Fatal trap 12: page fault while in kernel mode
cpuid = 3; apic id = 06
fault virtual address   = 0x4d8
fault code              = supervisor write data, page not present
instruction pointer     = 0x20:0xffffffff807ca21d
stack pointer           = 0x28:0xfffffe00004857a0
frame pointer           = 0x28:0xfffffe00004857c0
code segment            = base rx0, limit 0xfffff, type 0x1b
                        = DPL 0, pres 1, long 1, def32 0, gran 1
processor eflags        = interrupt enabled, resume, IOPL = 0
current process         = 13 (g_down)
trap number             = 12
panic: page fault
cpuid = 3
time = 1544877759
KDB: stack backtrace:
db_trace_self_wrapper() at db_trace_self_wrapper+0x2b/frame 0xfffffe0000485450
vpanic() at vpanic+0x1b4/frame 0xfffffe00004854b0
panic() at panic+0x43/frame 0xfffffe0000485510
trap_fatal() at trap_fatal+0x369/frame 0xfffffe0000485560
trap_pfault() at trap_pfault+0x49/frame 0xfffffe00004855c0
trap() at trap+0x29f/frame 0xfffffe00004856d0
calltrap() at calltrap+0x8/frame 0xfffffe00004856d0
--- trap 0xc, rip = 0xffffffff807ca21d, rsp = 0xfffffe00004857a0, rbp = 0xfffffe00004857c0 ---
nvme_qpair_submit_request() at nvme_qpair_submit_request+0x2d/frame 0xfffffe00004857c0
nvme_ctrlr_submit_io_request() at nvme_ctrlr_submit_io_request+0x2f/frame 0xfffffe00004857e0
nvme_ns_cmd_deallocate() at nvme_ns_cmd_deallocate+0x84/frame 0xfffffe0000485820
nvme_ns_bio_process() at nvme_ns_bio_process+0x257/frame 0xfffffe00004858a0
nvd_strategy() at nvd_strategy+0x4d/frame 0xfffffe00004858d0
g_disk_start() at g_disk_start+0x360/frame 0xfffffe0000485920
g_io_schedule_down() at g_io_schedule_down+0x1a1/frame 0xfffffe0000485960
g_down_procbody() at g_down_procbody+0x6d/frame 0xfffffe0000485970
fork_exit() at fork_exit+0x83/frame 0xfffffe00004859b0
fork_trampoline() at fork_trampoline+0xe/frame 0xfffffe00004859b0
--- trap 0, rip = 0, rsp = 0, rbp = 0 ---
KDB: enter: panic
Comment 12 mmatalka 2019-01-10 20:45:44 UTC
(In reply to Warner Losh from comment #5)

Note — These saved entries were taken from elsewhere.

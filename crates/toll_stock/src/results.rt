//! Results of tests.
ghost use Rattle.std.specs.Prelude.{◌≡◌, ◌≤◌, ◌&&◌, if◌then◌else◌, [], ◌∷◌, length, IfOk};
ghost use Rattle.toll_stock.specs.Common.{changes_of, KeepsRules, RecordResult, by, IsDecided, Decides, DecisionKeepsRules, is_outside, PutsOnly, count_results_in};
ghost use Rattle.toll_base.specs.declared.decision.Change.TheVariants as Change;
ghost use Rattle.toll_base.specs.declared.rows.Row.TheVariants as Row;
ghost use Rattle.toll_stock.specs.Plans.{IsResultPlan, lot_after};

use crate::lot_rows::results_of;
use std::alloc::{AllocError, Global};
use toll_base::{
    Change, Day, Decision, Disposition, Limits, LotRow, MOST_RESULTS, Name, Refusal, ResultRow,
    Row, Slice, Value,
};

/// Records a result of a test of a lot. Out of the test's limits it makes a released lot
/// quarantined again.
///
/// [`Refusal::UnknownLot`] if the owner has no such lot, [`Refusal::UnknownTest`] if the
/// lot's material has no such test, [`Refusal::Rejected`] if the lot is rejected, then
/// [`Refusal::LimitReached`] at 20,000 results. It fails only if memory runs out.
pub fn record_result(
    alloc: Global,
    slice: &Slice,
    lot: Name,
    test: Name,
    value: Value,
    day: Day,
) -> Result<Decision, AllocError>
    ensures decides { IfOk result
        (Decides (by slice.now.owner (RecordResult lot test value day)) slice.now) }
    ensures rules { IfOk result (DecisionKeepsRules slice.now) }
    ensures own { IfOk result (λ d. PutsOnly slice.now.owner (changes_of d)) }
{
    plan_result(alloc, slice, &lot, &test, value, day)
}

fn plan_result(
    alloc: Global,
    slice: &Slice,
    lot: &Name,
    test: &Name,
    value: Value,
    day: Day,
) -> Result<Decision, AllocError>
    ensures plan { IfOk result (IsResultPlan slice.now lot.now test.now value day) }
    ensures kept { KeepsRules slice.now }
{
    let owner = *slice.owner();
    let Some(known) = slice.lot(lot) else {
        return Ok(Decision::Refuse(Refusal::UnknownLot));
    };
    let Some(tested) = slice.test(&known.material, test) else {
        return Ok(Decision::Refuse(Refusal::UnknownTest));
    };
    if matches!(known.disposition, Disposition::Rejected) {
        return Ok(Decision::Refuse(Refusal::Rejected));
    }
    if slice.results().len() >= MOST_RESULTS {
        return Ok(Decision::Refuse(Refusal::LimitReached));
    }
    let number = count_results(slice, lot, test) + 1;
    let row = ResultRow {
        lot: *lot,
        test: *test,
        number,
        value,
        day,
    };
    put_result(
        alloc,
        owner,
        row,
        after_result(known, &tested.limits, value),
    )
}

// The lot's row after a result of this value.
fn after_result(known: LotRow, limits: &Limits, value: Value) -> LotRow
    ensures { result ≡ lot_after limits.now value known }
{
    let released = matches!(known.disposition, Disposition::Released);
    let disposition = if released && is_outside(limits, value) {
        Disposition::Quarantined
    } else {
        known.disposition
    };
    LotRow {
        disposition,
        ..known
    }
}

// Puts the result, and the lot's row.
fn put_result(
    alloc: Global,
    owner: Name,
    row: ResultRow,
    lot: LotRow,
) -> Result<Decision, AllocError>
    ensures { IfOk result
        (IsDecided [] (Change.Put owner (Row.Result row) ∷ Change.Put owner (Row.Lot lot) ∷ [])) }
{
    let changes = [
        Change::Put(owner, Row::Result(row)),
        Change::Put(owner, Row::Lot(lot)),
    ];
    Decision::accept_all(alloc, &changes)
}

/// Whether the value is out of the limits.
pub(crate) fn is_outside(limits: &Limits, value: Value) -> bool
    ensures { result ≡ is_outside limits.now value }
{
    value < limits.low || limits.high < value
}

/// How many results of the lot's test there are, which is the number of the latest.
pub(crate) fn count_results(slice: &Slice, lot: &Name, test: &Name) -> u64
    ensures count { result ≡ count_results_in slice.now lot.now test.now }
    ensures bound { result ≤ length slice.now.results }
{
    results_of(slice, lot)
        .iter()
        .filter(|row| row.test == *test)
        .count() as u64
}
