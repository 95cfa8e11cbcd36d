//! A keep that once has no memory, and counts what is read of it.
ghost use Rattle.std.specs.Prelude.{◌≡◌, Err, IfErr, OnOk};
ghost use Rattle.toll_keep.specs.Meaning.{meaning_of};

use std::alloc::Global;
use toll_base::{Change, Edge, LotId, Name, OwnerRow, Slice, UnitRow};
use toll_keep::{Holder, Keep, KeepFault};
use toll_trace::{Step, Way};

/// Which call a keep refuses.
#[derive(Clone, Copy, Debug, PartialEq, Eq)]
pub enum Refused {
    /// The next `apply`.
    Apply,
    /// Any call that follows this many others.
    Behind(u64),
    /// None, or none any more.
    None,
}

// What a call does.
#[derive(Clone, Copy, PartialEq, Eq)]
enum Call {
    Read,
    Apply,
}

impl Refused {
    // Whether it is this call.
    fn is_next(self, call: Call) -> bool {
        match self {
            Refused::Apply => call == Call::Apply,
            Refused::Behind(calls) => calls == 0,
            Refused::None => false,
        }
    }

    // The call that is refused, counted from after this one.
    fn after(self, call: Call) -> Self {
        match self {
            Refused::Apply if call == Call::Read => Refused::Apply,
            Refused::Behind(calls) if calls > 0 => Refused::Behind(calls - 1),
            Refused::Apply | Refused::Behind(_) | Refused::None => Refused::None,
        }
    }
}

/// A keep around another one. It answers one call with [`KeepFault::Memory`] and passes on all others.
pub struct Refusing<K> {
    /// The keep that it is around.
    pub keep: K,
    /// The call that is refused.
    pub refused: Refused,
    /// How many calls have read rows.
    pub reads: u64,
}

/// By hand, since what is derived is written out at every exit of every function that owns a keep.
impl<K: Drop> Drop for Refusing<K> {
    fn drop(self) {
        let Refusing {
            keep: _,
            refused: _,
            reads: _,
        } = self;
    }
}

impl<K: Keep> Refusing<K> {
    /// Around this keep.
    pub fn new(keep: K, refused: Refused) -> Self
        ensures { (result.keep ≡ keep) × (result.refused ≡ refused) }
    {
        Refusing {
            keep,
            refused,
            reads: 0,
        }
    }

    // Counts the call, and says whether it is refused.
    fn refuses(&mut self, call: Call) -> bool
        ensures { self.new.keep ≡ self.old.keep }
    {
        let refused = self.refused;
        self.refused = refused.after(call);
        self.reads = self.reads.saturating_add(u64::from(call == Call::Read));
        refused.is_next(call)
    }
}

// Memory, or Closed of a closed keep: whether it is closed is seen only by asking it.
fn refusal<T>(requested: Result<Vec<OwnerRow>, KeepFault>) -> Result<T, KeepFault>
    ensures memory { OnOk requested (result ≡ Err KeepFault.Memory) }
    ensures fault { IfErr requested (λ fault. result ≡ Err fault) }
{
    match requested {
        Ok(_) => Err(KeepFault::Memory),
        Err(fault) => Err(fault),
    }
}

impl<K: Keep> Keep for Refusing<K> {
    ghost meaning = { meaning_of (λ r. r.keep) K.meaning };

    ghost part = { λ os. record {
      holds = λ r c. (K.part os).holds r.keep c;
      leaves = λ r cs. (K.part os).leaves r.keep cs;
    } };

    fn slice(&mut self, alloc: Global, owner: &Name) -> Result<Option<Slice>, KeepFault> {
        if self.refuses(Call::Read) {
            return refusal(self.keep.owners(alloc));
        }
        self.keep.slice(alloc, owner)
    }

    fn owners(&mut self, alloc: Global) -> Result<Vec<OwnerRow>, KeepFault> {
        if self.refuses(Call::Read) {
            return refusal(self.keep.owners(alloc));
        }
        self.keep.owners(alloc)
    }

    fn units(&mut self, alloc: Global) -> Result<Vec<UnitRow>, KeepFault> {
        if self.refuses(Call::Read) {
            return refusal(self.keep.owners(alloc));
        }
        self.keep.units(alloc)
    }

    fn holder(&mut self, alloc: Global, unit: &Name) -> Result<Option<Holder>, KeepFault> {
        if self.refuses(Call::Read) {
            return refusal(self.keep.owners(alloc));
        }
        self.keep.holder(alloc, unit)
    }

    fn edges(&mut self, alloc: Global, owner: &Name) -> Result<Vec<Edge>, KeepFault> {
        if self.refuses(Call::Read) {
            return refusal(self.keep.owners(alloc));
        }
        self.keep.edges(alloc, owner)
    }

    fn all_edges(&mut self, alloc: Global) -> Result<Vec<Edge>, KeepFault> {
        if self.refuses(Call::Read) {
            return refusal(self.keep.owners(alloc));
        }
        self.keep.all_edges(alloc)
    }

    fn trace(
        &mut self,
        alloc: Global,
        owners: &[Name],
        from: &LotId,
        way: Way,
    ) -> Result<Vec<Step>, KeepFault> {
        if self.refuses(Call::Read) {
            return refusal(self.keep.owners(alloc));
        }
        self.keep.trace(alloc, owners, from, way)
    }

    fn apply(&mut self, alloc: Global, changes: &[Change]) -> Result<(), KeepFault> {
        if self.refuses(Call::Apply) {
            return refusal(self.keep.owners(alloc));
        }
        self.keep.apply(alloc, changes)
    }

    ghost settled = { λ r c honest live held. K.settled r.keep c honest live held };

    ghost lives_once = { λ r. K.lives_once r.keep };

    ghost widened = { λ r cs more left. K.widened r.keep cs more left };

    ghost narrows = { λ os r c held. K.narrows os r.keep c held };

    ghost settled_for = { λ os r c honest live held. K.settled_for os r.keep c honest live held };

    ghost widened_for = { λ os r cs more left. K.widened_for os r.keep cs more left };
}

Any updates on this branch given Alexandr's log message?  I'm happy to test the changes on my machine.
Comment 13 Warner Losh freebsd_committer 2019-01-10 22:06:02 UTC
I understand what I must do next, but haven't had the time to do the changes for the next round of testing because of time off around the holidays, travel, etc.
Comment 14 mmatalka 2019-01-11 14:45:23 UTC
(In reply to Warner Losh from comment #13)
Great!  I'll keep an eye out for updates on here.  Thank you for working on this.